» Work order
All lines containing the string "true" must be copied from the entries.

-- Supplied records follows --

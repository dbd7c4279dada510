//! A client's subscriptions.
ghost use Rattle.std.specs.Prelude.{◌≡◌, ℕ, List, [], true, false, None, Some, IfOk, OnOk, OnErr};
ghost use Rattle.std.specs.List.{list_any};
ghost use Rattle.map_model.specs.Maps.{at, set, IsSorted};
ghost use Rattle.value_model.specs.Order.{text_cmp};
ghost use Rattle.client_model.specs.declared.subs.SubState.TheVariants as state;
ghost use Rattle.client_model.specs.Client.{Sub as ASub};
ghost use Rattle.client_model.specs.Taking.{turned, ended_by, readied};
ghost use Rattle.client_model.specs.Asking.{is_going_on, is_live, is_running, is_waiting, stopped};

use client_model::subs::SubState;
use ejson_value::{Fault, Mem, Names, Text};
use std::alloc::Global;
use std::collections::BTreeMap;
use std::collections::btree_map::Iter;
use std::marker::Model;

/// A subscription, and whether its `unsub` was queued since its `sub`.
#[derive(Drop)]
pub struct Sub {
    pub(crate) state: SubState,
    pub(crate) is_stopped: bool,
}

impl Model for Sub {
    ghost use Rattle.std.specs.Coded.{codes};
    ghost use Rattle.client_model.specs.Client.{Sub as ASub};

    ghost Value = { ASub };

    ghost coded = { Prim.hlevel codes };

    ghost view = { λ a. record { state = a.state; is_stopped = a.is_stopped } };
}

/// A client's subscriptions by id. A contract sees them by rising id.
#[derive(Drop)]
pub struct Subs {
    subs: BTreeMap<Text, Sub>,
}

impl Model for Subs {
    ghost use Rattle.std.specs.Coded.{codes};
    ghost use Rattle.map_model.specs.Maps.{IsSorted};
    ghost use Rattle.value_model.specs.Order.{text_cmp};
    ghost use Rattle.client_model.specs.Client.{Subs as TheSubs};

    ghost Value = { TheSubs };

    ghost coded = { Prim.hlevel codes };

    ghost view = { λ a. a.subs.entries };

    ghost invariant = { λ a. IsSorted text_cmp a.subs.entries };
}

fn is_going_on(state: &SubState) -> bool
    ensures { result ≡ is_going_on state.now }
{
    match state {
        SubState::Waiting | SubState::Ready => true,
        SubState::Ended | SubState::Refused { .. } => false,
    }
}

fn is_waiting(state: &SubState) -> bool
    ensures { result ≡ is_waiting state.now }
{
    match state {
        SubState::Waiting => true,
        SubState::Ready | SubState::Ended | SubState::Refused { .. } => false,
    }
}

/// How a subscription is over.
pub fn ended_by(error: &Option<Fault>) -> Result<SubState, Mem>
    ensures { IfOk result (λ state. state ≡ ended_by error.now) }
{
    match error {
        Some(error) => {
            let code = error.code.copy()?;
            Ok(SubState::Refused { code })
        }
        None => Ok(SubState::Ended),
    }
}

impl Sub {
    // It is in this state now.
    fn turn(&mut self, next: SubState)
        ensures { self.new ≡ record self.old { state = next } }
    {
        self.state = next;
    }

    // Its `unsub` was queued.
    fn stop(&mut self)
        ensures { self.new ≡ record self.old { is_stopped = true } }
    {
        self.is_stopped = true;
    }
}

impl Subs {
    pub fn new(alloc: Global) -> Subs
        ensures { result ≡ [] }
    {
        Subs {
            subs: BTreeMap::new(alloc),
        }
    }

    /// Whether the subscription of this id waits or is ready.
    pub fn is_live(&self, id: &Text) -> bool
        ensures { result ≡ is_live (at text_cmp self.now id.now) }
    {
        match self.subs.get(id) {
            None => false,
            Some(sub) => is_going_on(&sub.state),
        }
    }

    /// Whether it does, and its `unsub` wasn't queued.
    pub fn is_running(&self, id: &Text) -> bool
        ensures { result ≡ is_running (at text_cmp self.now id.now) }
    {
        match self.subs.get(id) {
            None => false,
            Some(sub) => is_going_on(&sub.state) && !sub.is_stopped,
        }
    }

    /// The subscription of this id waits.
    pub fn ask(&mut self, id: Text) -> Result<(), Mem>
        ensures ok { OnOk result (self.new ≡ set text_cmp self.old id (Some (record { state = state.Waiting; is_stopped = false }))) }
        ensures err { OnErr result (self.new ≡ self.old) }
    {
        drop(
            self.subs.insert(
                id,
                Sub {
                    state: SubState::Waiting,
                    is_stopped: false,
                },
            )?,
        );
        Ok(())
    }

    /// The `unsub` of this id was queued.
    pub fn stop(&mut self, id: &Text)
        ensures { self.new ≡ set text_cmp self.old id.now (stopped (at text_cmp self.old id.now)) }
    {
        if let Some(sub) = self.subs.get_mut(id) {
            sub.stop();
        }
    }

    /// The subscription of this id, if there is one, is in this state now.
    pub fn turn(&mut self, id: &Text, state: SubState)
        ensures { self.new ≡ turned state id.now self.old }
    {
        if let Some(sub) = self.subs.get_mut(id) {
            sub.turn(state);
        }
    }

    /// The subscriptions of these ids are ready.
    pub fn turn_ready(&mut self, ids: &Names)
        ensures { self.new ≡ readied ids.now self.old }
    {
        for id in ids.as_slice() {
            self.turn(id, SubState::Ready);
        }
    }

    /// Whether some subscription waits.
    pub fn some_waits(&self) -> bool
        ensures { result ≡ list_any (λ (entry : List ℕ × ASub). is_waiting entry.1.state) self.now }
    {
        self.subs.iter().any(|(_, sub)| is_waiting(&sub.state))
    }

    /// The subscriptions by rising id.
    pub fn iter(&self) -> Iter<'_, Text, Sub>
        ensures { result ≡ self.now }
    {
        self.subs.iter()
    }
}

-- Supplied records concluded --
-- Supplied records follows --

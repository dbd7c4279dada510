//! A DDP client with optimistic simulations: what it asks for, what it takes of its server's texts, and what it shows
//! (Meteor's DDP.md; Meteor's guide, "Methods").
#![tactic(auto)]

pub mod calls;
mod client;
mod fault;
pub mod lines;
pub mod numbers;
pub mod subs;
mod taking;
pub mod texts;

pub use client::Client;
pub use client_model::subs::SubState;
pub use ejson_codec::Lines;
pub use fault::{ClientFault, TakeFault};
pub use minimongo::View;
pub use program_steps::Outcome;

-- Supplied records concluded --

» Exercise output
ghost use Rattle.std.specs.Prelude.{◌≡◌, ℕ, List, [], true, false, None, Some, IfOk, OnOk, OnErr};
        SubState::Waiting | SubState::Ready => true,
        SubState::Waiting => true,
        ensures { self.new ≡ record self.old { is_stopped = true } }
        self.is_stopped = true;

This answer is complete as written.